Import the homelab root CA certificate:
# tasks/install_step_ca_root_certificate.yaml
- name: Copy CA root certificate into correct directory
template:
src: templates/step_ca_root.crt.j2
dest: "{{ step_ca_root_certificate_path }}"
- name: Reload CA certificates
command: update-ca-certificates
Register the ACME account:
# tasks/setup_acme_account.yaml
- name: Check if ACME account already exists
shell: pvenode acme account list | grep {{ step_ca_acme_name }}
ignore_errors: true
register: acme_exists_cmd
- name: Add ACME account
command: pvenode acme account register {{ step_ca_acme_name }} {{ step_ca_contact_mail }} --directory {{ step_ca_url }}
when: acme_exists_cmd.rc == 1
- name: Add ACME config
command: pvenode config set --acme domains={{ domain }}
- name: Order a certificate
command: pvenode acme cert order --force
- name: Restart pveproxy service
systemd:
name: pveproxy
state: restarted
Redirect incoming traffic to port 8006 from port 443 using the following iptables rule:
This is to avoid having to append port
8006
at the end of the URL. Will only work when the correct domain is used for accessing the Proxmox host.

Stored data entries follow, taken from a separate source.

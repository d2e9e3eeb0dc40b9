#![tactic(auto)]

// A line of hex in, a line of hex out. A request is one call of the C interface; the answer is the call's answer and every list that
// it could write, whole, as it stands after the call. tools/README.md, "vectors", has the form of both.
ghost use Rattle.std.specs.Prelude.{◌<◌, ◌≤◌, length};
ghost use Rattle.replay.specs.Parts.{Fits, Laid};

use lines::lists::Element;
use lines::parts::{self, Part};
use lines::text::Text;
use lines::{answer, hex};
use qoa::linked;
use stdio::{Failed, Streams, WriteFailed};
use word::BigEndian;

// The kinds of lists, in the order in which they stand. Numbers and bytes are read; the others are given back.
#[derive(Clone, Copy)]
enum Kind {
    Numbers = 1,
    Bytes = 2,
    State = 3,
    Out = 4,
    Samples = 5,
    Facts = 6,
}

// A call's answer as 64 bits.
fn whole(told: i64) -> Option<u64> {
    Some(answer::bits_of(told))
}

fn double(told: f64) -> Option<u64> {
    Some(answer::bits_of_double(told))
}

// The lowest bits of a number. kept: a mask and a cast, since a cast loses nothing.
fn low8(n: u64) -> u8 {
    (n & 0xff) as u8
}

fn low32(n: u64) -> u32 {
    (n & 0xffff_ffff) as u32
}

// The division by a scale factor, of which there are sixteen.
fn divide(v: u32, sf: u64) -> Option<u64> {
    if 15 < sf {
        return None;
    }
    whole(scale::qoa_div(v.cast_signed(), sf as usize) as i64)
}

// What a call is lent: its numbers, 0 where the request has fewer, and its lists.
#[derive(Drop)]
struct Lent<'a> {
    numbers: [u64; 3],
    bytes: &'a [u8],
    state: &'a mut [u8],
    out: &'a mut [u8],
    samples: &'a mut [i16],
    facts: &'a mut [u32],
}

// kept: the calls go by their numbers of tools/README.md, where an enum would say each of them twice. None where there is no such call.
impl Lent<'_> {
    // Calls on bytes and numbers alone.
    fn reading(self, call: u8) -> Option<u64> {
        let Lent { numbers, bytes, .. } = self;
        let [first, second, _] = numbers;
        match call {
            0x01 => whole(linked::qoa_decode_need(bytes)),
            0x02 => whole(linked::qoa_channels(bytes)),
            0x03 => whole(linked::qoa_rate(bytes)),
            0x04 => whole(linked::qoa_part_length(bytes, first as usize)),
            0x05 => whole(linked::qoa_facts_total(bytes)),
            0x06 => whole(linked::qoa_facts_channels(bytes)),
            0x07 => whole(linked::qoa_facts_rate(bytes)),
            0x08 => double(linked::qoa_facts_seconds(bytes)),
            0x09 => whole(linked::qoa_encode_need(low8(first), low32(second))),
            0x0a => divide(low32(first), second),
            _ => None,
        }
    }

    // Calls from bytes into samples.
    fn hearing(self, call: u8) -> Option<u64> {
        let Lent { bytes, samples, .. } = self;
        match call {
            0x11 => whole(linked::qoa_decode_all(bytes, samples)),
            0x12 => whole(linked::qoa_decode_frames(bytes, samples)),
            _ => None,
        }
    }

    // Calls from samples into bytes.
    fn writing(self, call: u8) -> Option<u64> {
        let Lent {
            numbers,
            out,
            samples,
            ..
        } = self;
        let [first, second, third] = numbers;
        match call {
            0x21 => whole(linked::qoa_encode_all(
                low8(first),
                low32(second),
                low32(third),
                samples,
                out,
            )),
            _ => None,
        }
    }

    // Calls on a decoder whose state is a block.
    fn decoding(self, call: u8) -> Option<u64> {
        let Lent {
            bytes,
            state,
            samples,
            facts,
            ..
        } = self;
        match call {
            0x31 => whole(linked_decoder::qoa_decoder_size()),
            0x32 => whole(linked_decoder::qoa_decoder_open(bytes, state)),
            0x33 => whole(linked_decoder::qoa_decoder_into(bytes, state, samples)),
            0x34 => whole(linked_decoder::qoa_decoder_next_frame(bytes, state)),
            0x35 => whole(linked_decoder::qoa_decoder_next_item(bytes, state)),
            0x36 => whole(linked_decoder::qoa_decoder_facts(bytes, state, facts)),
            0x37 => double(linked_decoder::qoa_decoder_seconds(bytes, state)),
            _ => None,
        }
    }

    // Calls on an encoder whose state is a block.
    fn encoding(self, call: u8) -> Option<u64> {
        let Lent {
            numbers,
            state,
            out,
            samples,
            ..
        } = self;
        let [first, second, third] = numbers;
        match call {
            0x41 => whole(linked_encoder::qoa_encoder_size()),
            0x42 => whole(linked_encoder::qoa_encoder_new(
                low8(first),
                low32(second),
                low32(third),
                state,
            )),
            0x43 => whole(linked_encoder::qoa_encoder_header(state, out)),
            0x44 => whole(linked_encoder::qoa_encoder_frame(state, samples, out)),
            0x45 => whole(linked_encoder::qoa_encoder_file(state, samples, out)),
            _ => None,
        }
    }
}

// The numbers of a request, 0 where there are fewer.
fn given_numbers(ask: &[u8], p: Part) -> [u64; 3]
    requires { Fits 8 (length ask.now) 3 p }
{
    let mut numbers = [0u64; 3];
    for (i, number) in numbers[..p.count].iter_mut().enumerate() {
        *number = u64::read_be(ask, p.from + i * 8);
    }
    numbers
}

// A list from a request into its room, and back.
fn load<T: Element>(ask: &[u8], p: Part, room: &mut [T])
    requires { Fits T.width (length ask.now) (length room.old) p }
{
    T::read(&ask[p.from..p.next], &mut room[..p.count]);
}

fn store<T: Element>(room: &[T], p: Part, ask: &mut [u8])
    requires { Fits T.width (length ask.old) (length room.now) p }
{
    T::put(&room[..p.count], &mut ask[p.from..p.next]);
}

// Where the lists of a request stand.
#[derive(Clone, Copy)]
struct Places {
    numbers: Part,
    bytes: Part,
    state: Part,
    out: Part,
    samples: Part,
    facts: Part,
}

// The lists of a request, one after another.
fn take_apart(ask: &[u8]) -> Places
    requires { 1 ≤ length ask.now }
    ensures { Laid (length ask.now) result }
{
    let numbers = parts::take(ask, 1, Kind::Numbers as u8, 8, 3);
    let bytes = parts::take(ask, numbers.next, Kind::Bytes as u8, 1, 65536);
    let state = parts::take(ask, bytes.next, Kind::State as u8, 1, 4096);
    let out = parts::take(ask, state.next, Kind::Out as u8, 1, 65536);
    let samples = parts::take(ask, out.next, Kind::Samples as u8, 2, 32768);
    let facts = parts::take(ask, samples.next, Kind::Facts as u8, 4, 16);
    Places {
        numbers,
        bytes,
        state,
        out,
        samples,
        facts,
    }
}

// A request of at least one byte, and where its lists stand.
#[derive(Drop)]
struct Request<'a> {
    ask: &'a mut [u8],
    places: Places,
    ghost some: { 1 ≤ length ask.now },
    ghost laid: { Laid (length ask.now) places },
}

// The places for copies of the lists that a call may write, each as large as such a list may be.
#[derive(Drop)]
struct Rooms {
    state: [u8; 4096],
    out: [u8; 65536],
    samples: [i16; 32768],
    facts: [u32; 16],
}

impl Rooms {
    fn load(&mut self, request: &Request) {
        let ask = &request.ask[..];
        let p = request.places;
        load(ask, p.state, &mut self.state);
        load(ask, p.out, &mut self.out);
        load(ask, p.samples, &mut self.samples);
        load(ask, p.facts, &mut self.facts);
    }

    fn store(&self, request: &mut Request) {
        let p = request.places;
        store(&self.state, p.state, request.ask);
        store(&self.out, p.out, request.ask);
        store(&self.samples, p.samples, request.ask);
        store(&self.facts, p.facts, request.ask);
    }
}

// Makes the call on copies of the lists, each as long as the request says, and puts these back where they stood.
fn make_call(request: &mut Request) -> Option<u64> {
    let mut rooms = Rooms {
        state: [0; 4096],
        out: [0; 65536],
        samples: [0; 32768],
        facts: [0; 16],
    };
    rooms.load(request);
    let p = request.places;
    let ask = &request.ask[..];
    let lent = Lent {
        numbers: given_numbers(ask, p.numbers),
        bytes: &ask[p.bytes.from..p.bytes.next],
        state: &mut rooms.state[..p.state.count],
        out: &mut rooms.out[..p.out.count],
        samples: &mut rooms.samples[..p.samples.count],
        facts: &mut rooms.facts[..p.facts.count],
    };
    let call = ask[0];
    // the upper half of a call's number says what it is lent
    let told = match call / 16 {
        0 => lent.reading(call),
        1 => lent.hearing(call),
        2 => lent.writing(call),
        3 => lent.decoding(call),
        4 => lent.encoding(call),
        _ => None,
    };
    rooms.store(request);
    told
}

// Writes the answer's bits and the lists after the bytes that are read, as a line of hex.
fn write_answer(streams: Streams, bits: u64, lists: &[u8]) -> Result<(), WriteFailed> {
    let mut head = [0u8; 8];
    bits.write_be(&mut head, 0);
    let mut text = Text::<131200>::new();
    text.put_hex(&head);
    text.put_hex(lists);
    text.put(b"\n");
    stdio::write_out(streams, text.filled())
}

// What is wrong with a list, by the byte of its kind, which may be none.
fn write_fault(streams: Streams, kind: u8) -> Result<(), WriteFailed> {
    if (Kind::Numbers as u8..=Kind::Facts as u8).contains(&kind) {
        return stdio::write_out(streams, b"a list is cut, too long, or out of order\n");
    }
    stdio::write_out(streams, b"no such kind of list\n")
}

// A request.
fn answer_request(streams: Streams, ask: &mut [u8]) -> Result<(), WriteFailed>
    requires { 1 ≤ length ask.old }
{
    let places = take_apart(ask);
    let end = places.facts.next;
    if end < ask.len() {
        return write_fault(streams, ask[end]);
    }
    let mut request = Request { ask, places };
    let Some(bits) = make_call(&mut request) else {
        return stdio::write_out(streams, b"no such call\n");
    };
    let Request { ask, places } = request;
    write_answer(streams, bits, &ask[places.bytes.next..])
}

// A line: a remark, which is written out as it is, or the hex of a request.
fn reply(streams: Streams, line: &[u8]) -> Result<(), WriteFailed> {
    if matches!(line, [] | [b'#', ..]) {
        stdio::write_out(streams, line)?;
        return stdio::write_out(streams, b"\n");
    }
    if !hex::is_hex(line) {
        return stdio::write_out(streams, b"not hex\n");
    }
    let mut ask = [0u8; 65536];
    let n = line.len() / 2;
    if ask.len() < n {
        return stdio::write_out(streams, b"line too long\n");
    }
    hex::read_hex(line, &mut ask[..n]);
    answer_request(streams, &mut ask[..n])
}

// What is held between two reads: the start of a line. A line is at most one byte shorter than its place: a full place says that a line
// is too long.
#[derive(Drop)]
struct Session {
    streams: Streams,
    line: Text<131073>,
}

impl Session {
    fn end_line(&mut self) -> Result<(), WriteFailed> {
        let told = if self.line.is_full() {
            stdio::write_out(self.streams, b"line too long\n")
        } else {
            reply(self.streams, self.line.filled())
        };
        self.line.clear();
        told
    }

    // The lines of what was read. The last of them may go on in the next read.
    fn split(&mut self, chunk: &[u8]) -> Result<(), WriteFailed> {
        let mut rest = chunk;
        while let Some(end) = rest.iter().position(|byte| *byte == b'\n') {
            self.line.put(&rest[..end]);
            self.end_line()?;
            rest = &rest[end + 1..];
        }
        self.line.put(rest);
        Ok(())
    }

    // At the end of the input a line may be left that no newline ends.
    fn finish(&mut self) -> Result<(), WriteFailed> {
        if self.line.filled().is_empty() {
            return Ok(());
        }
        self.end_line()
    }

    // A proved loop has to end, so the turns are counted up to a number that no run reaches.
    fn run(&mut self, chunk: &mut [u8]) -> Result<(), Failed> {
        for _ in 0..u64::MAX {
            let n = stdio::read_chunk(self.streams, chunk)?;
            if n == 0 {
                break;
            }
            self.split(&chunk[..n])?;
        }
        self.finish()?;
        Ok(())
    }
}

fn main(rt: HostRuntime) {
    let mut chunk = [0u8; 65536];
    let mut session = Session {
        streams: stdio::standard(rt),
        line: Text::new(),
    };
    // what failed was said
    let _ = session.run(&mut chunk);
}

# tasks/add_port_mapping_for_web_ui.yaml
- name: Add iptables-persistent package to ensure rules are persistent after reboot
apt:
name: iptables-persistent
state: present
# This port mapping ensures that Proxmox UI is exposed
# on port 443 by port forwarding to 8006. When ACME certs
# are setup this means the URL no longer requires expicit
# port at the end.
- name: Add iptables port forwarding from port 443 to port 8006
iptables:
# Ensures that only traffic destined
# for the domain of the pve node is
# handled by this rule, otherwise all
# traffic out on port 443 for the VMs
# sharing the interface vmbr0 will be
# affected and no traffic over TLS will
# resolve to the correct CA bundle.
destination: "{{ domain }}"
table: nat
chain: PREROUTING
in_interface: vmbr0
protocol: tcp
match: tcp
destination_port: '443'
jump: REDIRECT
to_ports: '8006'
comment: Redirect secure web traffic to default web-ui of Proxmox
The vars used:
# vars/main.yaml
step_ca_root_certificate_path: /usr/local/share/ca-certificates/homelab_ca.crt
step_ca_url: https://<step-certificates-domain>/acme/acme/directory
step_ca_acme_name: <acme-account-name>
step_ca_contact_mail: <mail-address>
domain: <domain>
Tying it all together:
# tasks/main.yaml
- import_tasks: install_step_ca_root_certificate.yaml
- import_tasks: setup_acme_account.yaml
- import_tasks: add_port_mapping_for_web_ui.yaml
Proxmox hosts will now do periodic certificate renewals automatically:
Inspecting the certificate of the Proxmox host using the web ui now gives a valid TLS certificate with the same CA issuer as before (“Homelab”):
Summary
I’ve been running step-ca for around 1.5 years at this point. Its been great once I got past the initial bootstrapping process. The greatest benefit is that any internal service I run in the homelab which supports ACME can have certificate provisioning automated.
I recently converted the Helm installation of step-certificates to an ArgoCD app, and while it took some time, extracting the configuration of the existing installation and placing it into Sealed Secrets worked quite well since most of the configuration can be loaded from secrets (see this line in the step-certificates helm chart). Doing the same for step-issuer was fairly easy when comparing the two.
All things considered step-ca has been rock-solid for as long as I have ran it and I’m quite pleased with it.